§ Exercise goal
Below are some records; write them all out again exactly.

[Stored data entries]
⟨

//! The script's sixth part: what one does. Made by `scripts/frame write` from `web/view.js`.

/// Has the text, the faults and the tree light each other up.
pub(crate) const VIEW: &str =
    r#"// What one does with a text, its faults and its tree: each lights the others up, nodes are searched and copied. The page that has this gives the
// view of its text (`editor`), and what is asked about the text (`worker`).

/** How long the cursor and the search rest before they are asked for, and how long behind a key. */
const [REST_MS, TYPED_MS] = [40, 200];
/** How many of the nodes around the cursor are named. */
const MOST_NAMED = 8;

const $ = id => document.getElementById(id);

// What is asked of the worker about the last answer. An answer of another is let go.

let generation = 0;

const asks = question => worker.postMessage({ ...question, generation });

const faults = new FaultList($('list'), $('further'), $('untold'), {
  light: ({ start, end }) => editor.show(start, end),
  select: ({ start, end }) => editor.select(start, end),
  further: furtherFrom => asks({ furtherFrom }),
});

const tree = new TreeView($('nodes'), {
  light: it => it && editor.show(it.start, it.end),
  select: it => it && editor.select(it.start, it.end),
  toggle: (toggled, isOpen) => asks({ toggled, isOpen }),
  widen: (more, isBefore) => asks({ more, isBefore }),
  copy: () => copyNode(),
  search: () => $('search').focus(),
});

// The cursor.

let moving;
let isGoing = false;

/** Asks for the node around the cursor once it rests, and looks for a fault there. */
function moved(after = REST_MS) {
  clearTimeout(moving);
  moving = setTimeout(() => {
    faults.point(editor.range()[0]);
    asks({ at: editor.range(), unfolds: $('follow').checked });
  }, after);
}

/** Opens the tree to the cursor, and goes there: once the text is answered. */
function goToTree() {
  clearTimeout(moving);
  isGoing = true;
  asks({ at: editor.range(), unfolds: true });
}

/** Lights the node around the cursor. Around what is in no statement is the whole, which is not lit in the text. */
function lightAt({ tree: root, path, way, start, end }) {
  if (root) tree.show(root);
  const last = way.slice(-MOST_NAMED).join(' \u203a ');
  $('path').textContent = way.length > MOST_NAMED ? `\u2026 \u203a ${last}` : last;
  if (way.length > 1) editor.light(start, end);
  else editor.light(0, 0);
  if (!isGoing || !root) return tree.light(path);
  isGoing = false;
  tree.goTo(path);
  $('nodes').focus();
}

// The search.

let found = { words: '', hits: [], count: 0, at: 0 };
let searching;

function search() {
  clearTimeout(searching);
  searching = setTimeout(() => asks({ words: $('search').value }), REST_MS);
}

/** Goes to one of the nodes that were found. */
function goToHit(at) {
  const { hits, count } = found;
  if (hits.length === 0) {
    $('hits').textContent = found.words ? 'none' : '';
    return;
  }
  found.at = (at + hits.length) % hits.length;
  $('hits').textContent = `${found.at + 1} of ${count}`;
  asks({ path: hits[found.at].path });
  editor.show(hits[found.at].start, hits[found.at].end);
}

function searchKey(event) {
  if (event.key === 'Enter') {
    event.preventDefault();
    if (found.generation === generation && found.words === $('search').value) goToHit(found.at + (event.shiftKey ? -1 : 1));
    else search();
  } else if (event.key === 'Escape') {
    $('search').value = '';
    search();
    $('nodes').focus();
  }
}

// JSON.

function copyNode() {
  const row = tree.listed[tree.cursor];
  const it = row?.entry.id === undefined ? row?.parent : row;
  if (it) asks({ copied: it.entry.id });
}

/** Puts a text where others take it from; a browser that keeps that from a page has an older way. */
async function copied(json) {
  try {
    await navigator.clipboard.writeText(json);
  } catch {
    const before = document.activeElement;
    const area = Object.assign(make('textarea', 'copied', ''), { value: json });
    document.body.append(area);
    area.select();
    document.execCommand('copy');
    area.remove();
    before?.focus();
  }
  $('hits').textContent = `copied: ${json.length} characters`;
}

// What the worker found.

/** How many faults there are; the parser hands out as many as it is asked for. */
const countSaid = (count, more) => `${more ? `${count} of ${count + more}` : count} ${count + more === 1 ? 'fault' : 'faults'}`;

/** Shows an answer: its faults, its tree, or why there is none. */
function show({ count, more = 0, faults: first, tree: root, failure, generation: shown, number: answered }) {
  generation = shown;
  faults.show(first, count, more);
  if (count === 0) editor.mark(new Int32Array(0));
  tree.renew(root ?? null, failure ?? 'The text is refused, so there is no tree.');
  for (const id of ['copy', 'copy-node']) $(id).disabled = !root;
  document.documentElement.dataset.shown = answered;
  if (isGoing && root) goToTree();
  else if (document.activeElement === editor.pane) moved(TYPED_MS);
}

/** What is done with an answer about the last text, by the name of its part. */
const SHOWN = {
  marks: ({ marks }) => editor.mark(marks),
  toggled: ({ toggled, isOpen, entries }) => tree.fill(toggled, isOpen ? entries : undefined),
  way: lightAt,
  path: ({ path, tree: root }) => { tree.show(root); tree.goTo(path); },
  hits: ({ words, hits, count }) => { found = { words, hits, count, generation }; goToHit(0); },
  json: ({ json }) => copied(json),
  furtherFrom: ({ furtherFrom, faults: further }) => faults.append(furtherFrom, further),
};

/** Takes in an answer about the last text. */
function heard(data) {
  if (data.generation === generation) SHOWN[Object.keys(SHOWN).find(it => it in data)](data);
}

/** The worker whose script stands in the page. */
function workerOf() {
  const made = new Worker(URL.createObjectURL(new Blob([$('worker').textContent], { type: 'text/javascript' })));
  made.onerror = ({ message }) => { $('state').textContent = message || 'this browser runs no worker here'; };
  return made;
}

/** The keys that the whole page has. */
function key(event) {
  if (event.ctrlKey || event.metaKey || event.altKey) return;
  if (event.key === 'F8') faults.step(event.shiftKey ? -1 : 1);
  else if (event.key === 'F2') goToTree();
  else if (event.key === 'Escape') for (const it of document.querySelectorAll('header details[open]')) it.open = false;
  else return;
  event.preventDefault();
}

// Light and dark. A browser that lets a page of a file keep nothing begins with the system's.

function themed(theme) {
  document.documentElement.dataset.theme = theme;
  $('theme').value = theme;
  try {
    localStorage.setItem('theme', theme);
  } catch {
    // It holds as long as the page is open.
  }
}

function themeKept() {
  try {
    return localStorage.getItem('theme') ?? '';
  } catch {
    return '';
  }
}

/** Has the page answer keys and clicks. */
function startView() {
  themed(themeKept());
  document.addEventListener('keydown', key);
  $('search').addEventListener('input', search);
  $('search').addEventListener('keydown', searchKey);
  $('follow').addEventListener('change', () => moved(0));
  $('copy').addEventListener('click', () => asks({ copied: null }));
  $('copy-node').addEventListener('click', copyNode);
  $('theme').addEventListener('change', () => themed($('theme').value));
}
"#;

⟩

§ Problem solution
//! The script's sixth part: what one does. Made by `scripts/frame write` from `web/view.js`.

/// Has the text, the faults and the tree light each other up.
pub(crate) const VIEW: &str =
    r#"// What one does with a text, its faults and its tree: each lights the others up, nodes are searched and copied. The page that has this gives the
// view of its text (`editor`), and what is asked about the text (`worker`).

/** How long the cursor and the search rest before they are asked for, and how long behind a key. */
const [REST_MS, TYPED_MS] = [40, 200];
/** How many of the nodes around the cursor are named. */
const MOST_NAMED = 8;

const $ = id => document.getElementById(id);

// What is asked of the worker about the last answer. An answer of another is let go.

let generation = 0;

const asks = question => worker.postMessage({ ...question, generation });

const faults = new FaultList($('list'), $('further'), $('untold'), {
  light: ({ start, end }) => editor.show(start, end),
  select: ({ start, end }) => editor.select(start, end),
  further: furtherFrom => asks({ furtherFrom }),
});

const tree = new TreeView($('nodes'), {
  light: it => it && editor.show(it.start, it.end),
  select: it => it && editor.select(it.start, it.end),
  toggle: (toggled, isOpen) => asks({ toggled, isOpen }),
  widen: (more, isBefore) => asks({ more, isBefore }),
  copy: () => copyNode(),
  search: () => $('search').focus(),
});

// The cursor.

let moving;
let isGoing = false;

/** Asks for the node around the cursor once it rests, and looks for a fault there. */
function moved(after = REST_MS) {
  clearTimeout(moving);
  moving = setTimeout(() => {
    faults.point(editor.range()[0]);
    asks({ at: editor.range(), unfolds: $('follow').checked });
  }, after);
}

/** Opens the tree to the cursor, and goes there: once the text is answered. */
function goToTree() {
  clearTimeout(moving);
  isGoing = true;
  asks({ at: editor.range(), unfolds: true });
}

/** Lights the node around the cursor. Around what is in no statement is the whole, which is not lit in the text. */
function lightAt({ tree: root, path, way, start, end }) {
  if (root) tree.show(root);
  const last = way.slice(-MOST_NAMED).join(' \u203a ');
  $('path').textContent = way.length > MOST_NAMED ? `\u2026 \u203a ${last}` : last;
  if (way.length > 1) editor.light(start, end);
  else editor.light(0, 0);
  if (!isGoing || !root) return tree.light(path);
  isGoing = false;
  tree.goTo(path);
  $('nodes').focus();
}

// The search.

let found = { words: '', hits: [], count: 0, at: 0 };
let searching;

function search() {
  clearTimeout(searching);
  searching = setTimeout(() => asks({ words: $('search').value }), REST_MS);
}

/** Goes to one of the nodes that were found. */
function goToHit(at) {
  const { hits, count } = found;
  if (hits.length === 0) {
    $('hits').textContent = found.words ? 'none' : '';
    return;
  }
  found.at = (at + hits.length) % hits.length;
  $('hits').textContent = `${found.at + 1} of ${count}`;
  asks({ path: hits[found.at].path });
  editor.show(hits[found.at].start, hits[found.at].end);
}

function searchKey(event) {
  if (event.key === 'Enter') {
    event.preventDefault();
    if (found.generation === generation && found.words === $('search').value) goToHit(found.at + (event.shiftKey ? -1 : 1));
    else search();
  } else if (event.key === 'Escape') {
    $('search').value = '';
    search();
    $('nodes').focus();
  }
}

// JSON.

function copyNode() {
  const row = tree.listed[tree.cursor];
  const it = row?.entry.id === undefined ? row?.parent : row;
  if (it) asks({ copied: it.entry.id });
}

/** Puts a text where others take it from; a browser that keeps that from a page has an older way. */
async function copied(json) {
  try {
    await navigator.clipboard.writeText(json);
  } catch {
    const before = document.activeElement;
    const area = Object.assign(make('textarea', 'copied', ''), { value: json });
    document.body.append(area);
    area.select();
    document.execCommand('copy');
    area.remove();
    before?.focus();
  }
  $('hits').textContent = `copied: ${json.length} characters`;
}

// What the worker found.

/** How many faults there are; the parser hands out as many as it is asked for. */
const countSaid = (count, more) => `${more ? `${count} of ${count + more}` : count} ${count + more === 1 ? 'fault' : 'faults'}`;

/** Shows an answer: its faults, its tree, or why there is none. */
function show({ count, more = 0, faults: first, tree: root, failure, generation: shown, number: answered }) {
  generation = shown;
  faults.show(first, count, more);
  if (count === 0) editor.mark(new Int32Array(0));
  tree.renew(root ?? null, failure ?? 'The text is refused, so there is no tree.');
  for (const id of ['copy', 'copy-node']) $(id).disabled = !root;
  document.documentElement.dataset.shown = answered;
  if (isGoing && root) goToTree();
  else if (document.activeElement === editor.pane) moved(TYPED_MS);
}

/** What is done with an answer about the last text, by the name of its part. */
const SHOWN = {
  marks: ({ marks }) => editor.mark(marks),
  toggled: ({ toggled, isOpen, entries }) => tree.fill(toggled, isOpen ? entries : undefined),
  way: lightAt,
  path: ({ path, tree: root }) => { tree.show(root); tree.goTo(path); },
  hits: ({ words, hits, count }) => { found = { words, hits, count, generation }; goToHit(0); },
  json: ({ json }) => copied(json),
  furtherFrom: ({ furtherFrom, faults: further }) => faults.append(furtherFrom, further),
};

/** Takes in an answer about the last text. */
function heard(data) {
  if (data.generation === generation) SHOWN[Object.keys(SHOWN).find(it => it in data)](data);
}

/** The worker whose script stands in the page. */
function workerOf() {
  const made = new Worker(URL.createObjectURL(new Blob([$('worker').textContent], { type: 'text/javascript' })));
  made.onerror = ({ message }) => { $('state').textContent = message || 'this browser runs no worker here'; };
  return made;
}

/** The keys that the whole page has. */
function key(event) {
  if (event.ctrlKey || event.metaKey || event.altKey) return;
  if (event.key === 'F8') faults.step(event.shiftKey ? -1 : 1);
  else if (event.key === 'F2') goToTree();
  else if (event.key === 'Escape') for (const it of document.querySelectorAll('header details[open]')) it.open = false;
  else return;
  event.preventDefault();
}

// Light and dark. A browser that lets a page of a file keep nothing begins with the system's.

function themed(theme) {
  document.documentElement.dataset.theme = theme;
  $('theme').value = theme;
  try {
    localStorage.setItem('theme', theme);
  } catch {
    // It holds as long as the page is open.
  }
}

function themeKept() {
  try {
    return localStorage.getItem('theme') ?? '';
  } catch {
    return '';
  }
}

/** Has the page answer keys and clicks. */
function startView() {
  themed(themeKept());
  document.addEventListener('keydown', key);
  $('search').addEventListener('input', search);
  $('search').addEventListener('keydown', searchKey);
  $('follow').addEventListener('change', () => moved(0));
  $('copy').addEventListener('click', () => asks({ copied: null }));
  $('copy-node').addEventListener('click', copyNode);
  $('theme').addEventListener('change', () => themed($('theme').value));
}
"#;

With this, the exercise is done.